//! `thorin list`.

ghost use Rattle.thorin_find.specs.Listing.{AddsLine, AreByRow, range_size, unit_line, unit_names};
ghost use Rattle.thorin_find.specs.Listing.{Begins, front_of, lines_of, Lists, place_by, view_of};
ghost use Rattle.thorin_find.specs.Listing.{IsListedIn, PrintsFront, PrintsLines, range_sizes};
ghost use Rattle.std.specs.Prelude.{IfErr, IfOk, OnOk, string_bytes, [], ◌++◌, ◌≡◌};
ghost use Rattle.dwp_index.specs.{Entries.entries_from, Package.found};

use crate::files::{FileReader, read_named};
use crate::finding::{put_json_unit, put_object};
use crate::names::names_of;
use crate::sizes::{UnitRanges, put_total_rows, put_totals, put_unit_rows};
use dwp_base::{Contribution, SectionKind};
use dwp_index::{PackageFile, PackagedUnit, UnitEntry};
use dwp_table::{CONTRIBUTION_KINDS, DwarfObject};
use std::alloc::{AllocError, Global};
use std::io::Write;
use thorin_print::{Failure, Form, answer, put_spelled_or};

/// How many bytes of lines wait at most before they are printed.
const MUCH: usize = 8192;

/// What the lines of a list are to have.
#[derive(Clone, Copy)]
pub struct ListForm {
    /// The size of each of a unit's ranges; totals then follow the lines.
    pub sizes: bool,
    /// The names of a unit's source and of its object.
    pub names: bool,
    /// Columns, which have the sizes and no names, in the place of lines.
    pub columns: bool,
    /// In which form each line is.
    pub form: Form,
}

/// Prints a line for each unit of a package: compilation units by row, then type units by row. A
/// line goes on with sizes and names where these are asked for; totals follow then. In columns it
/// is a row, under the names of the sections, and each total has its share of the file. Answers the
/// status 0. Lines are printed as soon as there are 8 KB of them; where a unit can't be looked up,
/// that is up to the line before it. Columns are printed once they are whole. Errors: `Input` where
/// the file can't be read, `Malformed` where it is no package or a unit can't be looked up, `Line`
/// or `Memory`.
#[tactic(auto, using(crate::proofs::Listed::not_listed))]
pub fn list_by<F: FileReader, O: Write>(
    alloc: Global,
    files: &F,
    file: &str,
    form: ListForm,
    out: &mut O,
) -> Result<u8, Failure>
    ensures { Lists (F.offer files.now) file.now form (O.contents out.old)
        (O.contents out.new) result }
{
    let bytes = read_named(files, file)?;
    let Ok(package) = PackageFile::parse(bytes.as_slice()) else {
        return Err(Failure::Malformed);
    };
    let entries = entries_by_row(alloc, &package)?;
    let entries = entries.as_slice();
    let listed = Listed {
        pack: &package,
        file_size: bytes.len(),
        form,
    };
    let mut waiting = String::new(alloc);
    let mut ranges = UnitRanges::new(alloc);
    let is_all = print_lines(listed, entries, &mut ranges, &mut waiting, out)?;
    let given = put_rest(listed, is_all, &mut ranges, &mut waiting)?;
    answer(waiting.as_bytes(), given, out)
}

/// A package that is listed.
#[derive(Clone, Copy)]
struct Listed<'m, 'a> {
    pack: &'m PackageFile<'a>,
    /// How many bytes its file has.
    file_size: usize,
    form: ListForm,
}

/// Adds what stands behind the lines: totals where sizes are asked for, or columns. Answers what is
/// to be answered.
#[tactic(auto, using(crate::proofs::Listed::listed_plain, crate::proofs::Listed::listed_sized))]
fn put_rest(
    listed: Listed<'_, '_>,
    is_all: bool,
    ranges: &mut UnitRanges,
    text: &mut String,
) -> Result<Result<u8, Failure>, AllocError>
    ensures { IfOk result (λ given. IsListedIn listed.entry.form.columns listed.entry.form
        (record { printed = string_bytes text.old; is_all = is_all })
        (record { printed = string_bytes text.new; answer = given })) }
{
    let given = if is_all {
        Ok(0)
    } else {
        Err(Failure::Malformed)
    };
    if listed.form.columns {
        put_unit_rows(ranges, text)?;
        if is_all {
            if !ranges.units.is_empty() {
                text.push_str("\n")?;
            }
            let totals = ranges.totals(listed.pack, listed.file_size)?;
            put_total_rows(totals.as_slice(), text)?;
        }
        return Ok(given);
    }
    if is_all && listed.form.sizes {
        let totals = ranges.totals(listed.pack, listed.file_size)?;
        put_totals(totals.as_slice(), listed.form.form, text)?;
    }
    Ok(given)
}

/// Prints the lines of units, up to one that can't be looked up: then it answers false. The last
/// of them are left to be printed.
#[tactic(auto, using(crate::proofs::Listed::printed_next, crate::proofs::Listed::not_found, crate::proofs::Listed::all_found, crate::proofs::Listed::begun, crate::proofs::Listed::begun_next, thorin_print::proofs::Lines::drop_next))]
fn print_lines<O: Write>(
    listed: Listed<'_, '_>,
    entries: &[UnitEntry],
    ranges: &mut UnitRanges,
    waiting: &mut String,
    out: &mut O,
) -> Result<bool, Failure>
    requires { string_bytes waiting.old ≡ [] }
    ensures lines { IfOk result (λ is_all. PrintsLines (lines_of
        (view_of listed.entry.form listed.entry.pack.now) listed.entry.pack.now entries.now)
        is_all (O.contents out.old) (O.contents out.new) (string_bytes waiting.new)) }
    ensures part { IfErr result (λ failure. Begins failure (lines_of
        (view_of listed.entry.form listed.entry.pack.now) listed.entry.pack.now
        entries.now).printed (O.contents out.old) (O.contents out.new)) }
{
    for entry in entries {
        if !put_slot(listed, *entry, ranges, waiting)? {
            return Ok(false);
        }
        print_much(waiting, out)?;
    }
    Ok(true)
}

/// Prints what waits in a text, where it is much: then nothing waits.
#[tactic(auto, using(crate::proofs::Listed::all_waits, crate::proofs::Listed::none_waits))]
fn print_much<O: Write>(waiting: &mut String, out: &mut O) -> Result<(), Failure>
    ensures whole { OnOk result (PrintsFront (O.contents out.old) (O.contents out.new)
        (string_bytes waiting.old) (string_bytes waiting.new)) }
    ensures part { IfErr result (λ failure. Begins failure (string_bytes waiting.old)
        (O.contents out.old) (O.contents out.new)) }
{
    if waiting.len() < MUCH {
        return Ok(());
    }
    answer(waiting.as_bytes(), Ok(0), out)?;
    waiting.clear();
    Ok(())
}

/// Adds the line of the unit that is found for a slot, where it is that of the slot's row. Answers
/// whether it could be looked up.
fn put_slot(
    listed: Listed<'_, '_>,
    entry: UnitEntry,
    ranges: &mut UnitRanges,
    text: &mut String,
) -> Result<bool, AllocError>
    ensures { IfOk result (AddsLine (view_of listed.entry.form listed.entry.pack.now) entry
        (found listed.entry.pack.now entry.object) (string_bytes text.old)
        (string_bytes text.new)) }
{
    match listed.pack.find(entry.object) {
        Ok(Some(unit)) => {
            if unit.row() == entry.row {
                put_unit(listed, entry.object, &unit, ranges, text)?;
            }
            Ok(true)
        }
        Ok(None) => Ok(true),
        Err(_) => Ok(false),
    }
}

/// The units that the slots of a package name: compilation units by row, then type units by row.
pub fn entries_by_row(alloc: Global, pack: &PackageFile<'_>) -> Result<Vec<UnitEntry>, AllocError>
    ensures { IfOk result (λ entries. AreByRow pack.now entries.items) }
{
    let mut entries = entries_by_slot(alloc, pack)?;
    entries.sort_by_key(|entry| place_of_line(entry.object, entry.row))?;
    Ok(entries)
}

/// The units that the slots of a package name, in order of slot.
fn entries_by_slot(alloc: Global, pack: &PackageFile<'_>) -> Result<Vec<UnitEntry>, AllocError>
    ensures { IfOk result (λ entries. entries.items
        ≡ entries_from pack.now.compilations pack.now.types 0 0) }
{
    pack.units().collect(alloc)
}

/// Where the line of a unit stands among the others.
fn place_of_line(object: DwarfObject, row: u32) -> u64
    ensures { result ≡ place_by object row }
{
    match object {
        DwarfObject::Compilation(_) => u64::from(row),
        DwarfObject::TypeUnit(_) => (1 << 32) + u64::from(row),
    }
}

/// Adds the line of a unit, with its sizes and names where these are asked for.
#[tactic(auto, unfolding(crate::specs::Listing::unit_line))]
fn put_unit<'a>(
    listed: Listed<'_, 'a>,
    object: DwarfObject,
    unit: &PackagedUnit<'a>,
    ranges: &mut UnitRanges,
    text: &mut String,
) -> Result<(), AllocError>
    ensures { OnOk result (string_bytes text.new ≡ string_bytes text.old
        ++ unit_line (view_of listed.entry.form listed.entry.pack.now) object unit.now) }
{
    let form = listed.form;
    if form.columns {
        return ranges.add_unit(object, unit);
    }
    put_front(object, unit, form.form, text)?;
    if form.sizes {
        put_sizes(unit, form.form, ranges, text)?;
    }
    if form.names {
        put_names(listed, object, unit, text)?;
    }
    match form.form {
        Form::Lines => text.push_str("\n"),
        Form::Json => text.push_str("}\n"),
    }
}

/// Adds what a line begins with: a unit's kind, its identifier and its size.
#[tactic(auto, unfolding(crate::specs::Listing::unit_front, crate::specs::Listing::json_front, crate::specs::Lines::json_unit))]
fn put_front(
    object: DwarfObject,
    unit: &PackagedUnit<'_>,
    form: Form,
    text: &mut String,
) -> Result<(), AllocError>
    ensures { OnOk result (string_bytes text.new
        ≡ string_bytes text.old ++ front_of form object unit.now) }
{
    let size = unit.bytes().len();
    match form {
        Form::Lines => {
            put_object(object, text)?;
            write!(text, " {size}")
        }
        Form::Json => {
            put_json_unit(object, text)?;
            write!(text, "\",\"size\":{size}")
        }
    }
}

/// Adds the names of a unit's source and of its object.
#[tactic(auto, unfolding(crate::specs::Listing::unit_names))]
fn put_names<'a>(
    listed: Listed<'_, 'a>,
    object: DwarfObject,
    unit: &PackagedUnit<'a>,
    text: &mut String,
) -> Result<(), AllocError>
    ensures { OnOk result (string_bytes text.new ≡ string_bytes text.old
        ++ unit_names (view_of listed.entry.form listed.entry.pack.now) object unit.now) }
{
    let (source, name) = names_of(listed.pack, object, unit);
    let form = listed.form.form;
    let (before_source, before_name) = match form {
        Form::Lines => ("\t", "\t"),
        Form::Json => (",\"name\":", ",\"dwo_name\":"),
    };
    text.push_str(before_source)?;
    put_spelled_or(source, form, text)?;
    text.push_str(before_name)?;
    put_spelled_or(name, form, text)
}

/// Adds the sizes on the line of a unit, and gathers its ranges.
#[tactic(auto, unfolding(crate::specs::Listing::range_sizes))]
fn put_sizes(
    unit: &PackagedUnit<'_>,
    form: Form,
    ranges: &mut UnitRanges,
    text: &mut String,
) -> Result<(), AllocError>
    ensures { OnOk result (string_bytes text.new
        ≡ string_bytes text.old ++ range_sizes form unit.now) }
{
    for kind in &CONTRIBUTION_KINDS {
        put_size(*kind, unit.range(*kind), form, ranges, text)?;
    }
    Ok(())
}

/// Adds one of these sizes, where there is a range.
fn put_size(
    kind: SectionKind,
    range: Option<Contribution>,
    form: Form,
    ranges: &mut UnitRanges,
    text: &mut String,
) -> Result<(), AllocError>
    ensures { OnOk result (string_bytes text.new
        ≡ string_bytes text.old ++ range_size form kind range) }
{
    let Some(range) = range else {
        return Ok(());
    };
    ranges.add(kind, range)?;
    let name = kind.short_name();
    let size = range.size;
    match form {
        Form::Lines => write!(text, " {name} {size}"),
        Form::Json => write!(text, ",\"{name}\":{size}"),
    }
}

=-=-=

# Description of the task
Only the lines from the beginning of the material through the line with "use crate::names::names_of;" should appear in the answer, each copied exactly.

# Task response
//! `thorin list`.

ghost use Rattle.thorin_find.specs.Listing.{AddsLine, AreByRow, range_size, unit_line, unit_names};
ghost use Rattle.thorin_find.specs.Listing.{Begins, front_of, lines_of, Lists, place_by, view_of};
ghost use Rattle.thorin_find.specs.Listing.{IsListedIn, PrintsFront, PrintsLines, range_sizes};
ghost use Rattle.std.specs.Prelude.{IfErr, IfOk, OnOk, string_bytes, [], ◌++◌, ◌≡◌};
ghost use Rattle.dwp_index.specs.{Entries.entries_from, Package.found};

use crate::files::{FileReader, read_named};
use crate::finding::{put_json_unit, put_object};
use crate::names::names_of;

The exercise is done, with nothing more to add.